Before he could ask why she’d punched him, or make any kind of decision about what to do, she looked up at him with real worry in her dark eyes and signed, “Is it because of what happened?”
The most true answer would be that it both was and wasn’t because of the rape. His feelings for her had nothing to do with it, but his turmoil now, and his shitty friend-being, was at least half because of what she was going through. But while he struggled to figure out a way to explain himself without saying too much and giving her something else to worry about, she asked something that changed everything.
She asked, “Do you see me differently now?
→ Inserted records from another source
use crate::placed::PlacedRows;
use crate::rows::{Row, Span, note_span, tidy_rows};
use crate::task::{Own, Pending, is_same_list};
use poly_atom::{Atom, GuardLog, Stair};
use poly_grid::{Refusal, SIDE};
use poly_lists::SharedLists;
use poly_tiling::Item;
use std::alloc::Global;
use std::collections::BTreeMap;

/// For each kind of atom but `Lacks`, the spans of the tasks that are noted under an atom of that kind, by its placement or by
/// the key of its item.
#[derive(Drop)]
pub struct Maps {
    /// The allocator.
    pub alloc: Global,
    /// The tasks noted under a `Has` atom, by its placement.
    pub(crate) has: PlacedRows,
    /// The tasks noted under an `AtLeast` atom, by the key of its item.
    pub(crate) at_least: BTreeMap<u32, Row>,
    /// The tasks noted under an `AtMost` atom, by the key of its item.
    pub(crate) at_most: BTreeMap<u32, Row>,
}

/// The first guards of a change, each of them noted for all tasks of a span.
#[derive(Clone, Copy)]
pub(crate) struct Prefix {
    /// The edition before the change.
    edition: u64,
    /// How many of the change's guards are noted.
    count: usize,
    /// The tasks for which each of them is noted.
    span: Span,
}

/// A base, but for its `Lacks`, and the tasks for which it is noted.
#[derive(Drop)]
pub(crate) struct NotedBase {
    /// The atoms of the base that are no `Lacks`.
    others: Vec<Atom>,
    /// The tasks for which each of them is noted.
    span: Span,
}

/// Successive tasks whose lists have the same atom, and the same atoms before it. The atom is noted for all of them once it is
/// known which task is the last.
#[derive(Clone, Copy)]
pub(crate) struct Run {
    /// The atom.
    atom: Atom,
    /// The number of the first of these tasks.
    first: u32,
}

/// The runs that may go on. All of them have the last task that had a list of its own.
#[derive(Drop)]
pub(crate) struct Runs {
    /// A run for each atom of that task's list that is no `Lacks`, in the list's order.
    begun: Vec<Run>,
    /// The number of that task.
    last: u32,
    /// The atoms of the next task's list that are no `Lacks`.
    others: Vec<Atom>,
}

impl Maps {
    /// Maps without tasks.
    pub(crate) fn new(alloc: Global) -> Maps {
        Maps {
            alloc,
            has: PlacedRows::new(alloc),
            at_least: BTreeMap::new(alloc),
            at_most: BTreeMap::new(alloc),
        }
    }

    /// Notes each task under its own atoms. Stairs of one change share what is noted for the change's guards, successive tasks
    /// with the same base share what is noted for the base, and successive lists share what is noted for the atoms that all of
    /// them begin with. Fails only when out of memory. What was noted before stays noted in any case.
    pub(crate) fn note_all(&mut self, log: &GuardLog, tasks: &[Pending]) -> Result<(), Refusal>
        requires { AreTasks log.now tasks.now }
        ensures wider { IsWider self.old self.new }
        ensures ok { OnOk result (AreNoted self.new log.now tasks.now) }
        ensures why { IfErr result (λ e. e ≡ Refusal.Memory) }
    {
        let last = last_number(tasks);
        let mut prefix = Prefix {
            edition: 0,
            count: 0,
            span: Span { from: 0, to: 0 },
        };
        let mut base = NotedBase {
            others: Vec::new(self.alloc),
            span: Span { from: 1, to: 0 },
        };
        let mut runs = Runs {
            begun: Vec::new(self.alloc),
            last: 0,
            others: Vec::new(self.alloc),
        };
        for (i, task) in tasks.iter().enumerate() {
            self.note_base(log, &task.own, &mut base, task.number, &tasks[i..])?;
            self.note_task(log, &task.own, task.number, last, &mut prefix, &mut runs)?;
        }
        self.note_runs(&runs.begun, runs.last)
    }

    /// Drops the spans without a pending task, so that those of ended tasks don't pile up. What is noted for a pending task
    /// stays noted. Never allocates.
    pub(crate) fn tidy(&mut self, pending: &[Pending])
        requires { IsNonDecreasingBy (λ p. p.number) pending.now }
        ensures { KeepsPending pending.now self.old self.new }
    {
        self.has.tidy(pending);
        tidy_rows(&mut self.at_least, pending);
        tidy_rows(&mut self.at_most, pending);
    }

    // Notes the task under its own atoms, except for the base of a crossed task, which is noted. The atoms of a list are noted
    // only when their runs end.
    fn note_task(
        &mut self,
        log: &GuardLog,
        own: &Own,
        number: u32,
        last: u32,
        prefix: &mut Prefix,
        runs: &mut Runs,
    ) -> Result<(), Refusal>
        requires own { IsOwn log.now own.now }
        requires base { list_all (λ a. under self.old a number) (below log.now own.now) ≡ true }
        requires prefix { IsPrefix self.old log.now prefix.old }
        ensures prefix { OnOk result (IsPrefix self.new log.now prefix.new) }
        ensures runs { OnOk result (KeepsRuns self.old runs.old self.new runs.new) }
        ensures wider { IsWider self.old self.new }
        ensures ok { OnOk result (WillHave self.new runs.new number (own_of log.now own.now)) }
        ensures why { IfErr result (λ e. e ≡ Refusal.Memory) }
    {
        match own {
            Own::Listed(lists, index) => self.note_listed(lists, *index, number, runs),
            Own::Stair(stair) => self.note_stair(log, stair, number, last, prefix),
            Own::Crossed(_, stair) => self.note_stair(log, stair, number, last, prefix),
        }
    }

    // Lets the runs go on to the task with this number and the list at the index, as far as the list has their atoms. Notes the
    // other runs, which have ended, and begins one for each further atom of the list.
    fn note_listed(
        &mut self,
        lists: &SharedLists,
        index: usize,
        number: u32,
        runs: &mut Runs,
    ) -> Result<(), Refusal>
        requires { index < length lists.now }
        ensures runs { OnOk result (KeepsRuns self.old runs.old self.new runs.new) }
        ensures wider { IsWider self.old self.new }
        ensures ok { OnOk result (WillHave self.new runs.new number (slice_index_or lists.now index [])) }
        ensures why { IfErr result (λ e. e ≡ Refusal.Memory) }
    {
        lists.read_others(index, &mut runs.others)?;
        let count = going_on(runs, number);
        self.note_runs(&runs.begun[count..], runs.last)?;
        runs.begun.truncate(count);
        begin_runs(&mut runs.begun, &runs.others[count..], number)?;
        runs.last = number;
        Ok(())
    }

    // Notes the runs, which end with the task of the number `last`.
    fn note_runs(&mut self, runs: &[Run], last: u32) -> Result<(), Refusal>
        ensures wider { IsWider self.old self.new }
        ensures ok { OnOk result (AreRunsNoted self.new last runs.now) }
        ensures why { IfErr result (λ e. e ≡ Refusal.Memory) }
    {
        for run in runs {
            self.note(
                &run.atom,
                Span {
                    from: run.first,
                    to: last,
                },
            )?;
        }
        Ok(())
    }

    // Notes the base of a crossed task for this task and the next ones that have the same, and nothing for another task. `known`
    // is the base that was noted last; if it is the same and noted for this task, nothing is left to note. `rest` are the tasks
    // from this one on.
    fn note_base(
        &mut self,
        log: &GuardLog,
        own: &Own,
        known: &mut NotedBase,
        number: u32,
        rest: &[Pending],
    ) -> Result<(), Refusal>
        requires own { IsOwn log.now own.now }
        requires known { IsNotedBase self.old known.old }
        ensures known { OnOk result (IsNotedBase self.new known.new) }
        ensures ok { OnOk result (list_all (λ a. under self.new a number) (below log.now own.now) ≡ true) }
        ensures wider { IsWider self.old self.new }
        ensures why { IfErr result (λ e. e ≡ Refusal.Memory) }
    {
        let _ = log;
        match own {
            Own::Listed(_, _) => Ok(()),
            Own::Stair(_) => Ok(()),
            Own::Crossed(base, _) => {
                let others = base.others();
                if is_noted(known, others, number) {
                    return Ok(());
                }
                self.note_new_base(known, number, rest, others)
            }
        }
    }

    // Notes a base, of which `others` are the atoms that are no `Lacks`, for the task with the number and the next ones that
    // have the same. `rest` are the tasks from this one on. The base becomes the known one.
    fn note_new_base(
        &mut self,
        known: &mut NotedBase,
        number: u32,
        rest: &[Pending],
        others: &[Atom],
    ) -> Result<(), Refusal>
        ensures known { OnOk result (IsNotedBase self.new known.new) }
        ensures ok { OnOk result (list_all (λ a. under self.new a number) others.now ≡ true) }
        ensures wider { IsWider self.old self.new }
        ensures why { IfErr result (λ e. e ≡ Refusal.Memory) }
    {
        let span = Span {
            from: number,
            to: last_with(rest, others).max(number),
        };
        self.note_list(others, span)?;
        known.others.clear();
        known.others.extend_from_slice(others)?;
        known.span = span;
        Ok(())
    }

    // Notes the stair: the guards before its last atom for all tasks from this one to the last, and its last atom for this
    // task alone. Skips the guards that `prefix` shows to be noted already for all of these tasks.
    fn note_stair(
        &mut self,
        log: &GuardLog,
        stair: &Stair,
        number: u32,
        last: u32,
        prefix: &mut Prefix,
    ) -> Result<(), Refusal>
        requires own { IsStairOf log.now stair.now }
        requires prefix { IsPrefix self.old log.now prefix.old }
        ensures prefix { OnOk result (IsPrefix self.new log.now prefix.new) }
        ensures wider { IsWider self.old self.new }
        ensures ok { OnOk result (list_all (λ a. under self.new a number) (stair_of log.now stair.now) ≡ true) }
        ensures why { IfErr result (λ e. e ≡ Refusal.Memory) }
    {
        let span = Span {
            from: number,
            to: last.max(number),
        };
        let guards = log.guards_of(stair.edition);
        let known = known_count(prefix, stair, &span);
        self.note_list(&guards[known..stair.index], span)?;
        self.note(
            &guards[stair.index].negated(),
            Span {
                from: number,
                to: number,
            },
        )?;
        *prefix = Prefix {
            edition: stair.edition,
            count: stair.index,
            span,
        };
        Ok(())
    }

    // Notes the span under each atom.
    fn note_list(&mut self, atoms: &[Atom], span: Span) -> Result<(), Refusal>
        ensures wider { IsWider self.old self.new }
        ensures ok { OnOk result ((n : ℕ) → in_span span n ≡ true → list_all (λ a. under self.new a n) atoms.now ≡ true) }
        ensures why { IfErr result (λ e. e ≡ Refusal.Memory) }
    {
        for atom in atoms {
            self.note(atom, span)?;
        }
        Ok(())
    }

    // Notes the span under the atom, unless it is a `Lacks`.
    fn note(&mut self, atom: &Atom, span: Span) -> Result<(), Refusal>
        ensures wider { IsWider self.old self.new }
        ensures ok { OnOk result ((n : ℕ) → in_span span n ≡ true → under self.new atom.now n ≡ true) }
        ensures why { IfErr result (λ e. e ≡ Refusal.Memory) }
    {
        match atom {
            Atom::Has(p) => self.has.note(self.alloc, *p, span),
            Atom::Lacks(_) => Ok(()),
            Atom::AtLeast(item, _) => note_span(self.alloc, &mut self.at_least, key_of(item), span),
            Atom::AtMost(item, _) => note_span(self.alloc, &mut self.at_most, key_of(item), span),
        }
    }
}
Is that it?”
“No!” he signed at once. Then he grabbed her head, stared deeply into her eyes, and spoke the word. “No.”
“Then I don’t understand. I need you, and you’re not with me.”
“I am here for you. I am. Always.”
“You’re not. You haven’t been since it happened.”
He needed to explain, but what could he say? “I’m sorry, Frodo. I’m so sorry.”
That wasn’t good enough, and she shook her head. “Please, Sam. Please.”
The only thing he could think to say was the truth. It filled his head and rattled at the bars of his conscience. “What if they’re right?”
She frowned. “What? Who?”
“Lark and all the others. What if—” No. If he was going to take this risk, he had to take it. Own it. “I think they’re right. I think the reason I can’t find a girl who’s okay with you and me is they’re right.”
“What are you talking about?”
His heart pounded so hard his eyeballs pulsed. “My head’s been in a knot since Lark and I broke up. But it’s not her I’m thinking about. She said some shit that’s got me thinking about ... about everything. If I’ve been acting weird, it’s not because I’m mad at you, or think of you as anything but amazing. It’s not because of what happened to you. It’s because I’m scared. I’m so scared about what I’m feeling, and what it might mean. I’m fucking terrified to actually say it. I don’t know if there would ever be a right time to say it, but I know now is the wrong time.”
He stopped and let his hands fall. Athena stood before him, looking up with that same frown, no indication that she understood where he was going—and that seemed a sure sign she didn’t feel the way he did.
But he’d come this far, so he went the rest of the way. “I think I’m in love with you, Athena. I think you are and have always been the only one for me.”
Her frown was replaced by shock. Eyes wide, mouth open, angry flush receding from her cheeks. She took a step back.
Fuck. Fuck. Fuck.
“Sam,” she signed.
He’d made a monumental mistake.
He wouldn’t, couldn’t take it back, but he had to try to defuse it. “It doesn’t have to change anything. I promise I’m fine—I’m excellent staying as we’ve always been. I don’t need you to feel the same way. I won’t be weird about it, I swear. I just needed some time to—”
She grabbed his hands to stop him. She brought them to her chest and held them there, and for a moment, Sam knew hope.
But she let him go and stepped farther back. “I can’t do this. Not now,” she signed. “I’m sorry.”
And then she left.
Sam watched her hurry from the shop, out the door, around the building, and to her car. He watched her get in, start it, pull back from the spot, and drive away.
Then he reeled to the stool and dropped onto it.
He’d just destroyed the most important relationship in his life.
Once, eight or ten years ago, he’d asked Athena’s father about the time he’d been brazed by the club. The event was legend throughout the family, but Apollo never talked about it. When he was asked, he either changed the subject or flat-out refused and told the asker to turn his nose to his own business. But that night, maybe because Sam’s dad had been away in a Texas prison, and Sam and Apollo had been sitting out alone behind Sam’s house, watching the fireflies and talking about guy shit, Apollo had told him the story.
Since that night, Sam’s heart had held a little bit of fearful awe for the Bulls. For his family. The kind of awe one might hold for a vengeful god. They were capable of more than he’d realized, and not all of it was good. But the thing he remembered most about that story was the way Apollo had described the pain of being burned.
He’d said that pain could grow so huge it transcended the brain’s ability to process it, and that was a mercy. When that point was crossed, the brain either shut down entirely, bringing unconsciousness, or it flipped the pain switch off, and sensation became like static.